Now that our data has been sampled, we will transform it into a corpus we can work with using the tm package in R.

corpus <- VCorpus(VectorSource(sample_data))

Data Cleaning

With the data in a corpus format, we can now begin cleaning and processing our data.
Here we will remove:

  • Common stop words (i.e. “the”, “a”, “an”, “in”)
  • Numbers
  • Punctuation
  • URLs
  • Twitter handles
  • Email address patterns
  • Profanity
  • Whitespace

To remove profanity we will use a list of offensive language made available by the Carnegie Mellon School of Computer Science. We will also convert all characters to the lower case.

# Define a function to turn a specific pattern into a blank string
DeleteText <- content_transformer(function(x, patt) gsub(patt, " ", x))

# Remove URLs
corpus <- tm_map(corpus, DeleteText, "(f|ht)tp(s?)://(.*)[.][a-z]+")

# Remove Twitter handles
corpus <- tm_map(corpus, DeleteText, "@[^\\s]+")

# Remove email address patterns
corpus <- tm_map(corpus, DeleteText, "\\b[A-Z a-z 0-9._ - ]*[@](.*?)[.]{1,3} \\b")

# Send characters to lowers
corpus <- tm_map(corpus, content_transformer(tolower))

# Remove stop words
corpus <- tm_map(corpus, removeWords, stopwords(kind = "en"))

# Remove numbers
corpus <- tm_map(corpus, removeNumbers)

# Remove Punctuation
corpus <- tm_map(corpus, removePunctuation)

# Remove profanity
## Load in profanity data
con <- file("profanity.txt", open = "r")
profanity <- readLines(con = con, skipNul = T)
close(con)
## Remove offensive language
corpus <- tm_map(corpus, removeWords, profanity)

# Remove whitespace
corpus <- tm_map(corpus, stripWhitespace)

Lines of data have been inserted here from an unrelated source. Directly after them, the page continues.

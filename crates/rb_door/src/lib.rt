//! A door: the requests of callers, each answered by one turn of a desk at most.
#![tactic(auto)]

mod answering;
mod heeded;
pub mod laws;
mod serving;

pub use heeded::Heeded;
pub use serving::{serve_caller, serve_next, serve_request};
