//! Rows, and stores that another program has made.
use rb_causes::{NoMemory, Row, Text};
use std::alloc::Global;

/// The table of the rows as a program of format 1 makes it, with two rows.
pub(crate) const FIRST: &str = "CREATE TABLE entries (seq INTEGER PRIMARY KEY, \
    kind INTEGER NOT NULL, at INTEGER NOT NULL, a INTEGER NOT NULL, b INTEGER NOT NULL, \
    c INTEGER NOT NULL, name BLOB NOT NULL, who BLOB NOT NULL, body BLOB NOT NULL);
    INSERT INTO entries VALUES (1, 1, 0, 1, 1, 0, x'', x'', x'');
    INSERT INTO entries VALUES (2, 9, 1700000000, 1, 0, 257, x'6f6e65', x'616e6e', x'c3a4');";

fn row(alloc: Global, kind: u8, c: u64, name: &str) -> Result<Row, NoMemory> {
    Ok(Row {
        kind,
        at: 1_700_000_000,
        a: 1,
        b: 0,
        c,
        name: Text::of(alloc, name)?,
        who: Text::of(alloc, "ann\nops")?,
        body: Text::of(alloc, "")?,
    })
}

pub(crate) fn pair(alloc: Global) -> Result<Vec<Row>, NoMemory> {
    let mut rows = Vec::new(alloc);
    rows.push(row(alloc, 1, 0, "ä")?)?;
    rows.push(row(alloc, 255, 9_223_372_036_854_775_807, "two")?)?;
    Ok(rows)
}

/// A pair, and behind it a row of which a number is too large.
pub(crate) fn refused(alloc: Global) -> Result<Vec<Row>, NoMemory> {
    let mut rows = pair(alloc)?;
    rows.push(row(alloc, 1, 9_223_372_036_854_775_808, "")?)?;
    Ok(rows)
}

fn is_same(row: &Row, other: &Row) -> bool {
    let numbers = (row.kind, row.at, row.a, row.b, row.c);
    numbers == (other.kind, other.at, other.a, other.b, other.c)
        && row.name == other.name
        && row.who == other.who
        && row.body == other.body
}

/// Whether these are so many rows, the pair again and again.
pub(crate) fn are_pairs(alloc: Global, rows: &[Row], count: usize) -> Result<bool, NoMemory> {
    let pair = pair(alloc)?;
    let mut same = rows.len() == count;
    for (place, row) in rows.iter().enumerate() {
        let wanted = pair.get(place % 2);
        same = same && wanted.is_some_and(|wanted| is_same(row, wanted));
    }
    Ok(same)
}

saveRDS(corpus, "english_corpus.rds")

Exploratory Data Analysis

To get a better understanding of our data, we will look at two main elements of the data:

We will use the RWeka package to create one, two, and three grams and then produce bar plots of the 10 most common of each of these N-Grams. Note that the frequency of a One-Gram is equivalent to the frequency of individual words.

N-Grams

First, we will need to create functions to tokenize our data into one, two, and three grams.

one_gram <- function(x){
  NGramTokenizer(x, Weka_control(min = 1, max = 1))
} 
two_gram <- function(x){
  NGramTokenizer(x, Weka_control(min = 2, max = 2))
} 
three_gram <- function(x){
  NGramTokenizer(x, Weka_control(min = 3, max = 3))
} 

One-Grams (Word Frequency)

Two-Grams

Three-Grams

Moving Forward

The overall goal of this project is to create a text prediction algorithm that will be presented as an R Shiny application. The app is required to take a word or phrase as input and produce a prediction for the next word in the phrase as output.

The prediction algorithm will be based on the lessons we learned from the exploratory analysis that we performed in this report. It will be done using n-gram modelling and word frequencies. The strategy that we will work with first will be to make a prediction based on the most common one-gram until a complete word has been input followed by a space. Once a full word has been entered, the prediction will be made based on the most common two-gram and so forth as more text and words are added.

Adjustments to the algorithm will be made based on what best increases accuracy and efficiency of the model.